◆ EXERCISE BRIEF
Would you write the data out once more, exactly as it is?

[Dataset entries]
BEGIN
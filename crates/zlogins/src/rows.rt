//! Worked examples of the definitions. The functions do nothing.

ghost use Rattle.std.specs.Prelude.{◌≡◌, [], ◌∷◌, ◌++◌, codes, true, false, Ok, Err, None, Some};
ghost use Rattle.zlogins.specs.declared.fault.LoginsFault.TheVariants.{Empty, NoDigest, NoHash};
ghost use Rattle.zlogins.specs.Logins.{colon_in, hash_of, is_listed, is_login, login_of, user_of};
ghost use Rattle.zlogins.specs.Reading.{behind_digest, lines_of, logins_in};
ghost use Rattle.zlogins.specs.support.Vectors.{ann, bob};

/// A login's parts.
pub fn parts_of_logins()
    ensures user { user_of (codes "ann:se:cret") ≡ codes "ann" }
    ensures hash { hash_of (codes "ann:se:cret") ≡ codes "se:cret" }
    ensures no_colon { user_of (codes "ann") ≡ codes "ann" }
    ensures no_hash { hash_of (codes "ann") ≡ [] }
    ensures no_user { colon_in (codes ":secret") ≡ 0 }
{}

/// The logins of a `user:password`.
pub fn logins_are_spelled()
    ensures ann { login_of (codes "ann:secret") ≡ ann }
    ensures bob { login_of (codes "bob:word") ≡ bob }
{}

/// Who is listed.
pub fn who_is_listed()
    ensures first { is_listed (ann ∷ bob ∷ []) (codes "ann:secret") ≡ true }
    ensures last { is_listed (ann ∷ bob ∷ []) (codes "bob:word") ≡ true }
    ensures other_password { is_listed (ann ∷ bob ∷ []) (codes "ann:word") ≡ false }
    ensures other_user { is_listed (bob ∷ []) (codes "ann:secret") ≡ false }
    ensures none { is_listed [] (codes "ann:secret") ≡ false }
{}

/// What is spelled as a login.
#[tactic(auto, unfolding(base64::proofs::OnLiterals::base64_on_literals))]
pub fn spelled_logins()
    ensures ann { is_login ann ≡ true }
    ensures no_hash { is_login (codes "ann:") ≡ false }
    ensures no_colon { is_login (codes "ann") ≡ false }
    ensures other_length { is_login (codes "ann:aGk=") ≡ false }
    ensures no_base64 { is_login (codes "ann:7RJfAeIvrl4zdj6sS2fXrQHDvHM") ≡ false }
{}

/// The lines of a text.
pub fn lines()
    ensures two { lines_of (codes "a\nb") ≡ codes "a" ∷ codes "b" ∷ [] }
    ensures ended { lines_of (codes "a\n") ≡ codes "a" ∷ [] ∷ [] }
    ensures none { lines_of [] ≡ [] ∷ [] }
    ensures scheme { behind_digest (codes "digest ann") ≡ Some (codes "ann") }
    ensures other_scheme { behind_digest (codes "ip 10.0.0.1") ≡ None }
    ensures upper_case { behind_digest (codes "Digest ann") ≡ None }
{}

/// The logins of a text, or its first fault.
#[tactic(auto, unfolding(base64::proofs::OnLiterals::base64_on_literals))]
pub fn texts_have_logins()
    ensures two { logins_in (codes "digest " ++ (ann ++ (codes "\n\ndigest " ++ (bob ++ codes "\n"))))
        ≡ Ok (ann ∷ bob ∷ []) }
    ensures empty { logins_in [] ≡ Err Empty }
    ensures blank { logins_in (codes "\n\n") ≡ Err Empty }
    ensures no_digest { logins_in (codes "\nann:secret\n") ≡ Err (NoDigest 2) }
    ensures no_hash { logins_in (codes "digest ann:secret") ≡ Err (NoHash 1) }
    ensures carriage_return { logins_in (codes "digest " ++ (ann ++ codes "\r\n"))
        ≡ Err (NoHash 1) }
{}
END
◆ RESULT OF THIS TASK
filename crates/zlogins/src/rows.rt
//! Worked examples of the definitions. The functions do nothing.

ghost use Rattle.std.specs.Prelude.{◌≡◌, [], ◌∷◌, ◌++◌, codes, true, false, Ok, Err, None, Some};
ghost use Rattle.zlogins.specs.declared.fault.LoginsFault.TheVariants.{Empty, NoDigest, NoHash};
ghost use Rattle.zlogins.specs.Logins.{colon_in, hash_of, is_listed, is_login, login_of, user_of};
ghost use Rattle.zlogins.specs.Reading.{behind_digest, lines_of, logins_in};
ghost use Rattle.zlogins.specs.support.Vectors.{ann, bob};

/// A login's parts.
pub fn parts_of_logins()
    ensures user { user_of (codes "ann:se:cret") ≡ codes "ann" }
    ensures hash { hash_of (codes "ann:se:cret") ≡ codes "se:cret" }
    ensures no_colon { user_of (codes "ann") ≡ codes "ann" }
    ensures no_hash { hash_of (codes "ann") ≡ [] }
    ensures no_user { colon_in (codes ":secret") ≡ 0 }
{}

/// The logins of a `user:password`.
pub fn logins_are_spelled()
    ensures ann { login_of (codes "ann:secret") ≡ ann }
    ensures bob { login_of (codes "bob:word") ≡ bob }
{}

/// Who is listed.
pub fn who_is_listed()
    ensures first { is_listed (ann ∷ bob ∷ []) (codes "ann:secret") ≡ true }
    ensures last { is_listed (ann ∷ bob ∷ []) (codes "bob:word") ≡ true }
    ensures other_password { is_listed (ann ∷ bob ∷ []) (codes "ann:word") ≡ false }
    ensures other_user { is_listed (bob ∷ []) (codes "ann:secret") ≡ false }
    ensures none { is_listed [] (codes "ann:secret") ≡ false }
{}

/// What is spelled as a login.
#[tactic(auto, unfolding(base64::proofs::OnLiterals::base64_on_literals))]
pub fn spelled_logins()
    ensures ann { is_login ann ≡ true }
    ensures no_hash { is_login (codes "ann:") ≡ false }
    ensures no_colon { is_login (codes "ann") ≡ false }
    ensures other_length { is_login (codes "ann:aGk=") ≡ false }
    ensures no_base64 { is_login (codes "ann:7RJfAeIvrl4zdj6sS2fXrQHDvHM") ≡ false }
{}

/// The lines of a text.
pub fn lines()
    ensures two { lines_of (codes "a\nb") ≡ codes "a" ∷ codes "b" ∷ [] }
    ensures ended { lines_of (codes "a\n") ≡ codes "a" ∷ [] ∷ [] }
    ensures none { lines_of [] ≡ [] ∷ [] }
    ensures scheme { behind_digest (codes "digest ann") ≡ Some (codes "ann") }
    ensures other_scheme { behind_digest (codes "ip 10.0.0.1") ≡ None }
    ensures upper_case { behind_digest (codes "Digest ann") ≡ None }
{}

/// The logins of a text, or its first fault.
#[tactic(auto, unfolding(base64::proofs::OnLiterals::base64_on_literals))]
pub fn texts_have_logins()
    ensures two { logins_in (codes "digest " ++ (ann ++ (codes "\n\ndigest " ++ (bob ++ codes "\n"))))
        ≡ Ok (ann ∷ bob ∷ []) }
    ensures empty { logins_in [] ≡ Err Empty }
    ensures blank { logins_in (codes "\n\n") ≡ Err Empty }
    ensures no_digest { logins_in (codes "\nann:secret\n") ≡ Err (NoDigest 2) }
    ensures no_hash { logins_in (codes "digest ann:secret") ≡ Err (NoHash 1) }
    ensures carriage_return { logins_in (codes "digest " ++ (ann ++ codes "\r\n"))
        ≡ Err (NoHash 1) }
{}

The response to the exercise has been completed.